* **GOAL OF THE EXERCISE**
Find the string "bytes" in the records. Copy each line that has it.

(Collected data entries)
╭──

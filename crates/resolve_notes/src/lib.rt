//! Layer 7, program: what a person reads where an entity wasn't resolved.
//!
//! The trace of a call tells which pages its last round got. [`explain_outcome`] says of each page that isn't good why, and what failed on
//! a path up to the trust anchor. No clause promises a sentence.
#![tactic(auto)]

mod configurations;
mod explain;
mod pages;
mod path;
mod reading;

pub use explain::explain_outcome;
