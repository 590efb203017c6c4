// Lemmas alone: a solver for equations between points of any lawful group, in proofs/Solver.antt.
#![tactic(auto)]
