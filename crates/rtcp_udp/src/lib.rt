//! A link over UDP for `rtcp_serve`: [`UdpLink`] is a clock and two sockets, one for each port of a session. It takes
//! what the sockets give, waits where they give nothing, and counts what failed; it reads no octet of a datagram.
//! Clock and network are those of the runtime that the caller lends.
//!
//! ```
//! let mut link = UdpLink::bind(&rt, alloc, rtp, rtcp, peer)?;
//! let end = serve(&mut link, &mut participant, &mut rng, 1_000, &mut buf);
//! ```
//!
//! `specs/` defines the number that stands for a sender (`Senders`).
#![tactic(auto)]

mod udp_link;

pub use udp_link::{BindFault, UdpLink};
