//! A link over two UDP sockets.

ghost use Rattle.std.specs.Prelude.{◌≡◌, ◌≢◌, ◌≤◌, [], ◌∷◌, IfOk, IfSome};
ghost use Rattle.std.specs.Net.Socket.{v4_port};
ghost use Rattle.rtcp_udp.specs.Senders.{sender_number};
ghost use Rattle.rtcp_serve.specs.Links.{IsWithin, WereCalled, clock_read};

use mio::net::UdpSocket;
use mio::{Events, Interest, Poll, Token};
use rtcp_serve::{Link, LinkFault, Port, Received, endpoint_number};
use std::alloc::Global;
use std::io::{self, ErrorKind};
use std::net::{Net, SocketAddr, SocketAddrV4};
use std::thread;
use std::time::{Clock, Duration, Instant};
use thiserror::Error;

/// Why no link was bound.
#[derive(Clone, Copy, Debug, PartialEq, Eq, Error)]
pub enum BindFault {
    /// A port could not be bound or waited for, or the clock not be read.
    #[error("a port could not be bound or waited for, or the clock not be read")]
    Io,
    /// Memory was asked for and refused.
    #[error("no memory for a link")]
    Memory,
}

/// A link over UDP: RTP and RTCP come to a socket each, and compounds go to one peer, which may be a group. It
/// tells no log: what a socket carried no contract knows.
///
/// A receive takes what is queued at its port, and returns at once. Only where both ports have nothing queued does that
/// of the RTP port wait, until either has, and then it returns `Nothing` all the same. So its caller reads the clock
/// between an arrival and the receive that takes it, and no wait comes between the two.
#[derive(Drop)]
pub struct UdpLink<'r, R> {
    runtime: &'r R,
    /// The moment 0.
    began: Instant,
    /// The last moment that was given.
    last: u64,
    rtp: UdpSocket,
    rtcp: UdpSocket,
    /// Where RTP comes in, and where RTCP does.
    endpoints: (SocketAddrV4, SocketAddrV4),
    peer: SocketAddr,
    /// Waits for either port. It reports what comes to a port after a receive found nothing queued there.
    poll: Poll,
    /// What a wait reports. Nothing reads it: the receives that follow try both ports.
    events: Events,
    /// Whether the last receive was from the RTCP port, and found nothing queued.
    is_rtcp_empty: bool,
    failed_receives: u64,
    failed_sends: u64,
}

impl<'r, R: Net + Clock> UdpLink<'r, R> {
    /// Binds the ports of a session, which begins now, and names where its compounds go. A port of 0 is left to the
    /// system to pick: `endpoints` tells which it is.
    ///
    /// # Errors
    ///
    /// - [`BindFault::Io`] where a port cannot be bound, waited for or told, or the clock cannot be read.
    /// - [`BindFault::Memory`] where memory is refused.
    pub fn bind(
        runtime: &'r R,
        alloc: Global,
        rtp: SocketAddrV4,
        rtcp: SocketAddrV4,
        peer: SocketAddrV4,
    ) -> Result<UdpLink<'r, R>, BindFault>
        ensures receives { IfOk result (λ link. link.failed_receives ≡ 0) }
        ensures sends { IfOk result (λ link. link.failed_sends ≡ 0) }
        ensures rtp { v4_port rtp ≢ 0 → IfOk result (λ link. link.endpoints.0 ≡ rtp) }
        ensures rtcp { v4_port rtcp ≢ 0 → IfOk result (λ link. link.endpoints.1 ≡ rtcp) }
    {
        let Ok(events) = Events::with_capacity(alloc, 2) else {
            return Err(BindFault::Memory);
        };
        let Ok(poll) = Poll::new(runtime) else {
            return Err(BindFault::Io);
        };
        let (Ok(rtp), Ok(rtcp)) = (open(runtime, &poll, rtp), open(runtime, &poll, rtcp)) else {
            return Err(BindFault::Io);
        };
        let ((rtp, rtp_at), (rtcp, rtcp_at)) = (rtp, rtcp);
        let Ok(began) = Instant::now(runtime) else {
            return Err(BindFault::Io);
        };
        Ok(UdpLink {
            runtime,
            began,
            last: 0,
            rtp,
            rtcp,
            endpoints: (rtp_at, rtcp_at),
            peer: SocketAddr::V4(peer),
            poll,
            events,
            is_rtcp_empty: false,
            failed_receives: 0,
            failed_sends: 0,
        })
    }

    /// Where RTP comes in, and where RTCP does: as `bind` was asked, but for a port of 0, where it is the one that the
    /// system picked.
    pub fn endpoints(&self) -> (SocketAddrV4, SocketAddrV4)
        ensures { result ≡ self.now.endpoints }
    {
        self.endpoints
    }
}

impl<'r, R: Net + Clock> Link for UdpLink<'r, R> {
    ghost use Rattle.rtcp_udp.specs.UdpLinks.{value_of};

    ghost value = { value_of };

    /// The moment by the clock, or the last one where the clock cannot be read: never one less than the last.
    fn now(&mut self) -> u64
        ensures called { WereCalled (clock_read result ∷ []) (value_of self.old) (value_of self.new) }
        ensures forward { self.old.last ≤ result }
        ensures kept { self.new.last ≡ result }
    {
        if let Ok(elapsed) = self.began.elapsed(self.runtime) {
            let now = u64::try_from(elapsed.as_micros()).unwrap_or(u64::MAX);
            self.last = self.last.max(now);
        }
        self.last
    }

    fn recv(&mut self, port: Port, buf: &mut [u8], wait_us: u64) -> Received {
        let wait = Duration::from_micros(wait_us);
        let queued = match port {
            Port::Rtcp => take_queued(&self.rtcp, buf),
            Port::Rtp => take_queued(&self.rtp, buf),
        };
        let waits = port == Port::Rtp && queued.is_none() && self.is_rtcp_empty;
        self.is_rtcp_empty = port == Port::Rtcp && queued.is_none();
        let received = match queued {
            Some(received) => received,
            None if waits && self.poll.poll(&mut self.events, Some(wait)).is_err() =>
                Received::Failed,
            None => Received::Nothing,
        };
        if received == Received::Failed {
            // A row of failures ends a session, so each takes its time.
            thread::sleep(self.runtime, wait);
            self.failed_receives += 1;
        }
        received
    }

    fn send(&mut self, bytes: &[u8]) -> Result<(), LinkFault> {
        if let Ok(sent) = self.rtcp.send_to(bytes, self.peer) {
            if sent == bytes.len() {
                return Ok(());
            }
        }
        self.failed_sends += 1;
        Err(LinkFault)
    }
}

/// A socket at an address, for whose datagrams `poll` waits, and that address with the port that it has.
fn open<R: Net>(
    runtime: &R,
    poll: &Poll,
    address: SocketAddrV4,
) -> io::Result<(UdpSocket, SocketAddrV4)>
    ensures { v4_port address ≢ 0 → IfOk result (λ opened. opened.1 ≡ address) }
{
    let mut socket = UdpSocket::bind(runtime, SocketAddr::V4(address))?;
    poll.registry()
        .register(&mut socket, Token(0), Interest::READABLE)?;
    if address.port() != 0 {
        return Ok((socket, address));
    }
    let picked = socket.local_addr()?.port();
    Ok((socket, SocketAddrV4::new(*address.ip(), picked)))
}

/// What is queued at a socket, or `None` where nothing is.
fn take_queued(socket: &UdpSocket, buf: &mut [u8]) -> Option<Received>
    ensures { IfSome result (λ received. IsWithin received buf.new) }
{
    match socket.recv_from(buf) {
        Ok((count, from)) => Some(Received::Got(count, peer_number(from))),
        Err(error) => match error.kind() {
            ErrorKind::WouldBlock => None,
            ErrorKind::Interrupted => Some(Received::Nothing),
            _ => Some(Received::Failed),
        },
    }
}

/// A number for where a datagram came from.
fn peer_number(from: SocketAddr) -> u64
    ensures { result ≡ sender_number from }
{
    match from {
        SocketAddr::V4(from) => endpoint_number(from),
        SocketAddr::V6(from) => u64::from(from.port()),
    }
}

╰──

* **ANSWER BOX**
    fn send(&mut self, bytes: &[u8]) -> Result<(), LinkFault> {
        if let Ok(sent) = self.rtcp.send_to(bytes, self.peer) {
            if sent == bytes.len() {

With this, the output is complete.